The Need for Self-Care Amid this Crisis

The last few months have had a crippling effect on America and its compatriots. Normal people living out their lives in peace and hope have been sidelined by political opportunist and bureaucratic tyrants. This has caused great distress in family structures and organizations that exist to serve the public good. It is all too common for these structures to be caught up in the wellness of others that they forget the concept of self-care and how important that is to the efficacy purpose of caring for humanity.

If proper self-care is neglected, it leads to irrational thinking and a push toward “doing good” despite what that good may lead to.
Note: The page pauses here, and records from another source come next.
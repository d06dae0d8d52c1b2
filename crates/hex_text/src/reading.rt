// A part of a text, read into a lent buffer from a place on, and the end of a text.
ghost use Rattle.std.specs.Prelude.{◌≡◌, ◌+◌, ◌≤◌, ◌<◌, length};
ghost use Rattle.hex_text.specs.Machine.{bytes_of};
ghost use Rattle.hex_text.specs.Promises.{PartRead, Stored, TextEnded, TextPut, fitting};

use crate::state::{HexText, end_given, ended, gives, stepped};

// The text after a part of it, how many bytes of the part were used, and where its bytes end in the buffer.
#[derive(Clone, Copy)]
pub struct TextRead {
    pub text: HexText,
    pub used: usize,
    pub end: usize,
}

// The text after its end, and where its bytes end in the buffer.
#[derive(Clone, Copy)]
pub struct TextOver {
    pub text: HexText,
    pub end: usize,
}

// Puts the byte that is given, if there is one, at a place of the buffer, and gives the place after it.
fn put(one: Option<u8>, buffer: &mut [u8], at: usize) -> usize
    requires { at < length buffer.old }
    ensures { Stored (bytes_of one) buffer.old buffer.new at result }
{
    match one {
        None => at,
        Some(value) => {
            buffer[at] = value;
            at + 1
        }
    }
}

// Reads a part of a text that has room in the buffer from `at` on.
fn read_part(before: HexText, part: &[u8], buffer: &mut [u8], at: usize) -> TextRead
    requires { at + length part.now ≤ length buffer.old }
    ensures { PartRead before part.now buffer.old buffer.new at result }
{
    let mut text = before;
    let mut end = at;
    for byte in part {
        end = put(gives(text, *byte), buffer, end);
        text = stepped(text, *byte);
    }
    TextRead {
        text,
        used: part.len(),
        end,
    }
}

// Says how many of `count` have room in the buffer from `at` on.
#[tactic(auto, unfolding(crate::specs::Promises::fitting))]
pub fn having_room(count: usize, buffer: &[u8], at: usize) -> usize
    ensures { result ≡ fitting count buffer.now at }
{
    count.min(buffer.len().saturating_sub(at))
}

// Reads a part of a text, as many of its bytes as the buffer has room for from `at` on, and puts the bytes that they give there.
pub fn read_text(before: HexText, text: &[u8], buffer: &mut [u8], at: usize) -> TextRead
    ensures { TextPut before text.now buffer.old buffer.new at result }
{
    let count = having_room(text.len(), buffer, at);
    if count == 0 {
        return TextRead {
            text: before,
            used: 0,
            end: at,
        };
    }
    read_part(before, &text[..count], buffer, at)
}

// Ends a text: the word at hand is ended by it. Nothing is done where the buffer has no room at `at`.
pub fn end_text(before: HexText, buffer: &mut [u8], at: usize) -> Option<TextOver>
    ensures { TextEnded before buffer.old buffer.new at result }
{
    if at >= buffer.len() {
        return None;
    }
    let end = put(end_given(before), buffer, at);
    Some(TextOver {
        text: ended(before),
        end,
    })
}
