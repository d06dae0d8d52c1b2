// The bytes of a text for people: words of two hex digits with blanks, line ends and comments around them. The text is read in parts, in fixed memory.
#![tactic(auto)]

mod reading;
mod source;
mod state;

pub use reading::{TextOver, TextRead, end_text, read_text};
pub use source::{Source, SourceOver, TakenIn, end_source, looks_like_text, take_in};
pub use state::{HexText, Place, Stand, begin};
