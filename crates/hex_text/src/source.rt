// An input that is a text for people or the bytes themselves, taken into a lent buffer.
ghost use Rattle.std.specs.Prelude.{◌≡◌};
ghost use Rattle.std.specs.List.{list_all};
ghost use Rattle.hex_text.specs.Promises.{BytesPut};
ghost use Rattle.hex_text.specs.Source.{printable as isPrintable, looks_like_text, SourceTaken, SourceEnded};

use crate::reading::{end_text, having_room, read_text};
use crate::state::HexText;

// Tells whether a byte is printable: 20h to 7Eh, tab, CR or LF.
#[tactic(auto, unfolding(crate::specs::Source::printable, crate::specs::Text::between))]
fn printable(byte: u8) -> bool
    ensures { result ≡ isPrintable byte }
{
    matches!(byte, 0x20..=0x7E | b'\t' | b'\n' | b'\r')
}

// Tells whether every byte is printable.
fn all_printable(bytes: &[u8]) -> bool
    ensures { result ≡ list_all isPrintable bytes.now }
{
    bytes.iter().all(|b| printable(*b))
}

// Tells whether bytes look like a text: there is one, and the first 64, or all where there are fewer, are printable.
pub fn looks_like_text(bytes: &[u8]) -> bool
    ensures { result ≡ looks_like_text bytes.now }
{
    if bytes.is_empty() {
        return false;
    }
    all_printable(&bytes[..bytes.len().min(64)])
}

// An input: the bytes themselves, or a text and how far that is read.
#[derive(Clone, Copy)]
pub enum Source {
    Bytes,
    Text(HexText),
}

// The input after a part of it, how many bytes of the part were used, and where the bytes that are held end in the buffer.
#[derive(Clone, Copy)]
pub struct TakenIn {
    pub source: Source,
    pub used: usize,
    pub held: usize,
}

// The input after its end, and where the bytes that are held end in the buffer.
#[derive(Clone, Copy)]
pub struct SourceOver {
    pub source: Source,
    pub held: usize,
}

// Copies bytes into the buffer from `at` on, as many as have room, and says how many these are.
#[tactic(auto, unfolding(crate::specs::Promises::fitting))]
fn copy_fitting(bytes: &[u8], buffer: &mut [u8], at: usize) -> usize
    ensures { BytesPut bytes.now buffer.old buffer.new at result }
{
    let count = having_room(bytes.len(), buffer, at);
    if count == 0 {
        return 0;
    }
    buffer[at..at + count].copy_from_slice(&bytes[..count]);
    count
}

// Takes in a part of an input, as many of its bytes as have room in the buffer from `held` on: what they give as a text, or the bytes themselves.
pub fn take_in(before: Source, raw: &[u8], input: &mut [u8], held: usize) -> TakenIn
    ensures { SourceTaken before raw.now input.old input.new held result }
{
    match before {
        Source::Bytes => {
            let count = copy_fitting(raw, input, held);
            TakenIn {
                source: before,
                used: count,
                held: held + count,
            }
        }
        Source::Text(text) => {
            let read = read_text(text, raw, input, held);
            TakenIn {
                source: Source::Text(read.text),
                used: read.used,
                held: read.end,
            }
        }
    }
}

// Ends an input: a text as `end_text` does, with nothing done where there is no room; of bytes nothing is left to do.
pub fn end_source(before: Source, input: &mut [u8], held: usize) -> Option<SourceOver>
    ensures { SourceEnded before input.old input.new held result }
{
    match before {
        Source::Bytes => Some(SourceOver {
            source: before,
            held,
        }),
        Source::Text(text) => {
            let over = end_text(text, input, held)?;
            Some(SourceOver {
                source: Source::Text(over.text),
                held: over.end,
            })
        }
    }
}
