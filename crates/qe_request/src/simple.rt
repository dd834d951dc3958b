//! Which models requests are carried out on so far.
ghost use Rattle.std.specs.Prelude.{◌≡◌};
ghost use Rattle.std.specs.List.{list_all};
ghost use Rattle.qe_schema.specs.Tables.{id_columns as columns_of_id};
ghost use Rattle.qe_reading.specs.CarriedOut as simple;

use qe_base::{Column, Fill, Kind, Table};

fn is_simple_kind(kind: Kind) -> bool
    ensures { result ≡ simple.is_simple_kind kind }
{
    match kind {
        Kind::Text => true,
        Kind::Bool => false,
        Kind::Int => true,
        Kind::Big => false,
        Kind::Moment => false,
        Kind::Blob => false,
        Kind::Member(_) => false,
    }
}

fn has_no_fill(fill: &Fill) -> bool
    ensures { result ≡ simple.has_no_fill fill.now }
{
    match fill {
        Fill::Absent => true,
        Fill::Literal(_) => false,
        Fill::Counter => false,
        Fill::Now => false,
        Fill::Uuid => false,
    }
}

fn is_simple_column(column: &Column) -> bool
    ensures { result ≡ simple.is_simple_column column.now }
{
    is_simple_kind(column.kind) && !column.optional && has_no_fill(&column.fill) && !column.updated
}

fn are_simple(columns: &[Column]) -> bool
    ensures { result ≡ list_all simple.is_simple_column columns.now }
{
    columns.iter().all(|column| is_simple_column(column))
}

/// The columns of a table's id, which is its first key.
pub fn id_columns(table: &Table) -> &[u16]
    ensures { result.now ≡ columns_of_id table.now }
{
    match table.keys.as_slice() {
        [] => &[],
        [key, ..] => key.columns.as_slice(),
    }
}

/// Whether this is a model of required texts and numbers without fill, whose id is one of them.
pub fn is_simple(table: &Table) -> bool
    ensures { result ≡ simple.is_simple table.now }
{
    !table.link && are_simple(table.columns.as_slice()) && id_columns(table).len() == 1
}
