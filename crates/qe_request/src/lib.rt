//! What lines ask for: a line's JSON, read as an operation.
#![tactic(auto)]

mod lines;
mod members;
mod operations;
mod scalars;
mod simple;

pub use lines::{LineFault, read_line};
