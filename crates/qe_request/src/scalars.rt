//! The values of columns.
ghost use Rattle.std.specs.Prelude.{◌≡◌, ◌≤◌, length, map, slice_get, option_and_then, IfOk};
ghost use Rattle.std.specs.List.{enumerate_from};
ghost use Rattle.serde_json.specs.Find.{get, as_number, as_i64};
ghost use Rattle.serde_json.specs.View.{view};
ghost use Rattle.qe_scalars.specs.Numbers.{is_small as fits_small};
ghost use Rattle.qe_forms.specs.Request.{value_of as value_by, all_of, given_in, values_of as values_by, value_at_column, small_number};

use crate::members::{alone, names_columns};
use qe_base::{Column, Items, Kind, Memory, Value};
use serde_json::Value as Json;
use std::alloc::Global;

const LEAST: i64 = -2_147_483_648;

const GREATEST: i64 = 2_147_483_647;

fn is_small(number: i64) -> bool
    ensures { result ≡ fits_small number }
{
    LEAST <= number && number <= GREATEST
}

fn whole_number(json: &Json) -> Option<Value>
    ensures { result ≡ value_by Kind.Int (view json.now) }
{
    match json.as_i64() {
        Some(number) if is_small(number) => Some(Value::Int(number)),
        _ => None,
    }
}

fn value_of(alloc: Global, kind: Kind, json: &Json) -> Result<Option<Value>, Memory>
    ensures { IfOk result (λ found. found ≡ value_by kind (view json.now)) }
{
    match kind {
        Kind::Text => match json.as_str() {
            Some(text) => Ok(Some(Value::text(alloc, text)?)),
            None => Ok(None),
        },
        Kind::Bool => Ok(None),
        Kind::Int => Ok(whole_number(json)),
        Kind::Big => Ok(None),
        Kind::Moment => Ok(None),
        Kind::Blob => Ok(None),
        Kind::Member(_) => Ok(None),
    }
}

fn given_for(alloc: Global, column: &Column, json: &Json) -> Result<Option<Value>, Memory>
    ensures { IfOk result (λ found. found ≡ option_and_then (value_by column.now.kind) (get column.now.name (view json.now))) }
{
    match json.get(column.name.as_str()) {
        Some(found) => value_of(alloc, column.kind, found),
        None => Ok(None),
    }
}

#[tactic(auto, using(crate::proofs::Given::all_more))]
fn all_given(
    alloc: Global,
    columns: &[Column],
    json: &Json,
) -> Result<Option<Items<(u16, Value)>>, Memory>
    requires { length columns.now ≤ 128 }
    ensures { IfOk result (λ found. found ≡ all_of (map (given_in (view json.now)) (enumerate_from 0 columns.now))) }
{
    let mut values = Items::new(alloc);
    for (number, column) in columns.iter().enumerate() {
        let Some(value) = given_for(alloc, column, json)? else {
            return Ok(None);
        };
        values.push((number as u16, value))?;
    }
    Ok(Some(values))
}

/// A value for each column, by the columns' names, where the object has nothing else.
pub fn values_of(
    alloc: Global,
    columns: &[Column],
    json: &Json,
) -> Result<Option<Items<(u16, Value)>>, Memory>
    requires { length columns.now ≤ 128 }
    ensures { IfOk result (λ found. found ≡ values_by columns.now (view json.now)) }
{
    if names_columns(json, columns) {
        all_given(alloc, columns, json)
    } else {
        Ok(None)
    }
}

/// The value of one column, by its name, where the object has nothing else.
pub fn value_at(
    alloc: Global,
    columns: &[Column],
    number: u16,
    json: &Json,
) -> Result<Option<Value>, Memory>
    ensures { IfOk result (λ found. found ≡ value_at_column (slice_get columns.now number) (view json.now)) }
{
    let Some(column) = sqlite_items::at(columns, number as usize) else {
        return Ok(None);
    };
    match alone(json, column.name.as_str()) {
        Some(found) => value_of(alloc, column.kind, found),
        None => Ok(None),
    }
}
Good intentions, in most situations, lead to bad decisions made under the guise of peace and unity.

Temperance is a key component of self-care and it undergirds the biblical understanding of how to measure oneself in the light of the Gospel; “So I do not run aimlessly; I do not box as one beating the air.  But I discipline my body and keep it under control, lest after preaching to others I myself should be disqualified” (1 Corinthians 9:26-27 ESV).
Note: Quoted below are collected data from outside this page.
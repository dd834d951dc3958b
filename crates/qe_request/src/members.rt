//! The members of JSON objects.
ghost use Rattle.std.specs.Prelude.{◌≡◌, is_some, map, option_map};
ghost use Rattle.std.specs.List.{list_all};
ghost use Rattle.serde_json.specs.Find.{get};
ghost use Rattle.serde_json.specs.View.{view};
ghost use Rattle.qe_forms.specs.Request.{is_object_of, alone as only, text_at as named_text};
ghost use Rattle.qe_request.specs.Counts.{has_count};

use qe_base::Column;
use serde_json::Value as Json;

/// Whether this is an object with so many members.
pub fn counts(json: &Json, count: usize) -> bool
    ensures { result ≡ has_count count (view json.now) }
{
    match json.as_object() {
        Some(members) => members.len() == count,
        None => false,
    }
}

/// Whether there is a member of this name.
pub fn has(json: &Json, name: &str) -> bool
    ensures { result ≡ is_some (get name.now (view json.now)) }
{
    json.get(name).is_some()
}

fn has_each(json: &Json, columns: &[Column]) -> bool
    ensures { result ≡ list_all (λ column. is_some (get column.name (view json.now))) columns.now }
{
    columns.iter().all(|column| has(json, column.name.as_str()))
}

/// Whether this is an object whose members have just the columns' names.
#[tactic(auto, using(crate::proofs::Objects::columns_named))]
pub fn names_columns(json: &Json, columns: &[Column]) -> bool
    ensures { result ≡ is_object_of (map (λ column. column.name) columns.now) (view json.now) }
{
    counts(json, columns.len()) && has_each(json, columns)
}

/// The value of the only member, where it has this name.
#[tactic(auto, using(crate::proofs::Objects::alone_is))]
pub fn alone<'json>(json: &'json Json, name: &str) -> Option<&'json Json>
    ensures { option_map (λ found. view found.now) result ≡ only name.now (view json.now) }
{
    if counts(json, 1) {
        json.get(name)
    } else {
        None
    }
}

/// The text in the member of this name.
pub fn text_at<'json>(json: &'json Json, name: &str) -> Option<&'json str>
    ensures { option_map (λ text. text.now) result ≡ named_text name.now (view json.now) }
{
    match json.get(name) {
        Some(found) => found.as_str(),
        None => None,
    }
}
Self-care can be defined as a commitment to your optimal health and well-being for your own sake, for those who love and care about you, and in the service of God’s kingdom.[1] The importance of self-care is often overlooked in ministry and home life settings. Head of households, leadership, and staff are too habitually set-aside in homes, non-profits, and ministry organizations. “How we imagine leadership, for example, is influenced by corporate understandings of leadership.”[2] But this is a flawed understanding of leadership. Homes are, in part, ministry settings so, therefore, this will serve as our analogy. Ministry and non-profit organizations are not guided and spearheaded by the same principals and structures as the private sector and most political ideologies. The ultimate goal of self-preservation does not serve the same purpose of biblical families, ministries, and parachurch organizations, causing those involved to give themselves selflessly in the faithful service of the Gospel and ministry of Jesus Christ. In some instances, this leads to a lack of self-care on behalf of the disciple (employee) which inescapably gets passed onto the family, congregation, or clientele.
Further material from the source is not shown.